:: LISTED RECORDS
//! The run of a line: over its sources, from its start, to the file to which it freezes.

ghost use Rattle.std.specs.Prelude.{◌≡◌, [], List, ℕ, Option, IfOk, true, false, map, unwrap_or};
ghost use Rattle.std.specs.Prelude.{option_map, string_bytes};
ghost use Rattle.m4_state.specs.Device.{Script};
ghost use Rattle.m4_engine.specs.File.{Source as Said};
ghost use Rattle.m4_engine.specs.RunSources.{DescribesFrozen};
ghost use Rattle.m4_engine.specs.Run.{run as defined};
ghost use Rattle.m4_engine.specs.Start.{start_of};
ghost use Rattle.m4_engine.specs.Carries.{frozen_state};
ghost use Rattle.m4_state.specs.State.{IsSized};
ghost use Rattle.m4_engine.specs.Writers.{change};
ghost use Rattle.m4_tool.specs.World.{Files};
ghost use Rattle.m4_tool.specs.Line.{freeze_name, request_of, words_of};
ghost use Rattle.m4_tool.specs.FailureCounts.{counts_of};
ghost use Rattle.m4_tool.specs.Known.{AnyFails, ExtendFiles, Knows};
ghost use Rattle.m4_tool.specs.LineEnd.{seen};
ghost use Rattle.m4_tool.specs.LineRun.{RanBy, RanCounts, named_in, named_of};
ghost use Rattle.m4_tool.specs.Unfinished.{LeavesMarked};

use super::opening::sources_of;
use crate::followed::FAILED;
use crate::late::{LateFile, LateStart};
use crate::line::Line;
use crate::world::{Shows, World};
use m4_engine::ending::{Cause, Ending};
use m4_engine::options::Options;
use m4_engine::run::run_keeping;
use m4_engine::source::Source;
use m4_state::bytes::Bytes;
use std::alloc::{AllocError, Global};
use std::marker::Brand;
use std::mem::forget;

/// How the run of a line ended, with the world after it.
#[derive(Drop)]
pub struct RunEnd<W> {
    /// How the run ended.
    pub ending: Ending,
    /// The world.
    pub world: W,
}

/// Opens the files of a line and runs over them. The run starts from this frozen file, if there is one.
pub fn run_line<W: World, O: Shows, M: Shows>(
    alloc: Global,
    line: &Line,
    frozen: &mut Option<W::Reader>,
    world: W,
    out: &mut O,
    messages: &mut M,
) -> RunEnd<W>
    ensures ran { (files : Files) (input : Script) (script : Option Script) (ss : List Said)
        → Knows W.making W.files W.input world files input → DescribesFrozen W.Reader.script frozen.old script
        → ExtendFiles files input (words_of (request_of line.now).names) ss
        → RanBy (freeze_name (request_of line.now)) (defined line.now.options script ss) result.ending
        (seen (change O.contents out.old out.new) (change M.contents messages.old messages.new)
        (change M.failures messages.old messages.new) (change W.files world result.world)) }
    ensures sized { (files : Files) (input : Script) (script : Option Script) (ss : List Said)
        → Knows W.making W.files W.input world files input → DescribesFrozen W.Reader.script frozen.old script
        → ExtendFiles files input (words_of (request_of line.now).names) ss
        → result.ending.cause ≡ Cause.Done → line.now.options.freeze ≡ true
        → IsSized (frozen_state line.now.options (start_of line.now.options.prefix script) ss) }
    ensures unfinished { LeavesMarked (freeze_name (request_of line.now)) (W.kept world) (W.kept result.world) }
    ensures read { (files : Files) (input : Script) → Knows W.making W.files W.input world files input
        → result.ending.cause ≡ Cause.Read → AnyFails files input (words_of (request_of line.now).names) }
    ensures counted { RanCounts result.ending.cause (counts_of (change O.failures out.old out.new)
        (change M.failures messages.old messages.new) (change W.failures world result.world)) }
{
    let mut world = world;
    let Ok(mut sources) = sources_of(alloc, &mut world, line.files.as_slice()) else {
        return without_memory(world);
    };
    let Ok(name) = name_of(alloc, &line.freeze) else {
        return without_memory(world);
    };
    run_late::<W, Brand, O, M>(
        alloc,
        line.options,
        frozen,
        &mut sources,
        out,
        messages,
        world,
        name,
    )
}

/// Returns the name of the file to which a line freezes; it is empty if there is none.
fn name_of(alloc: Global, file: &Option<String>) -> Result<Bytes, AllocError>
    ensures { IfOk result (λ name. name ≡ unwrap_or (option_map string_bytes file.now) []) }
{
    match file {
        Some(name) => Bytes::from_slice(alloc, name.as_str().as_bytes()),
        None => Bytes::from_slice(alloc, b""),
    }
}

/// Returns the end of a run that was not begun, because an allocation failed.
fn without_memory<W>(world: W) -> RunEnd<W>
    ensures ending { result.ending ≡ record { status = 1; cause = Cause.OutOfMemory; wrapped = false } }
    ensures world { result.world ≡ world }
{
    RunEnd {
        ending: Ending {
            status: FAILED,
            cause: Cause::OutOfMemory,
            wrapped: false,
        },
        world,
    }
}

/// Runs over the sources. The frozen text goes to a file of this name, which is created when its first
/// byte is written.
fn run_late<W: World, K: LateStart, O: Shows, M: Shows>(
    alloc: Global,
    options: Options,
    frozen: &mut Option<W::Reader>,
    sources: &mut [Source<W::Reader>],
    out: &mut O,
    messages: &mut M,
    world: W,
    name: Bytes,
) -> RunEnd<W>
    requires before { W.files world ≡ K.before }
    requires kept { W.kept world ≡ K.kept }
    requires name { name ≡ K.name }
    requires failures { W.failures world ≡ K.failures }
    ensures ran { (files : Files) (input : Script) (names : List (List ℕ)) (script : Option Script) (ss : List Said)
        → map (named_of W.Reader.script) sources.old ≡ named_in files input names
        → DescribesFrozen W.Reader.script frozen.old script → ExtendFiles files input names ss
        → RanBy K.name (defined options script ss) result.ending
        (seen (change O.contents out.old out.new) (change M.contents messages.old messages.new)
        (change M.failures messages.old messages.new) (change W.files world result.world)) }
    ensures sized { (files : Files) (input : Script) (names : List (List ℕ)) (script : Option Script) (ss : List Said)
        → map (named_of W.Reader.script) sources.old ≡ named_in files input names
        → DescribesFrozen W.Reader.script frozen.old script → ExtendFiles files input names ss
        → result.ending.cause ≡ Cause.Done → options.freeze ≡ true
        → IsSized (frozen_state options (start_of options.prefix script) ss) }
    ensures unfinished { LeavesMarked K.name (W.kept world) (W.kept result.world) }
    ensures read { (files : Files) (input : Script) (names : List (List ℕ))
        → map (named_of W.Reader.script) sources.old ≡ named_in files input names
        → result.ending.cause ≡ Cause.Read → AnyFails files input names }
    ensures counted { RanCounts result.ending.cause (counts_of (change O.failures out.old out.new)
        (change M.failures messages.old messages.new) (change W.failures world result.world)) }
{
    let mut late: LateFile<W, K> = LateFile::over(world, name);
    let (ending, session) = run_keeping(alloc, options, frozen, sources, out, messages, &mut late);
    // The program ends after this, so the definitions are not freed one by one.
    forget(session);
    RunEnd {
        ending,
        world: late.into_world(),
    }
}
::::
» WHAT IS EXPECTED
If a line above holds the string "defined", return it as it stands.

» OUTPUT OF THE EXERCISE
ghost use Rattle.m4_engine.specs.Run.{run as defined};
        → RanBy (freeze_name (request_of line.now)) (defined line.now.options script ss) result.ending
        → RanBy K.name (defined options script ss) result.ending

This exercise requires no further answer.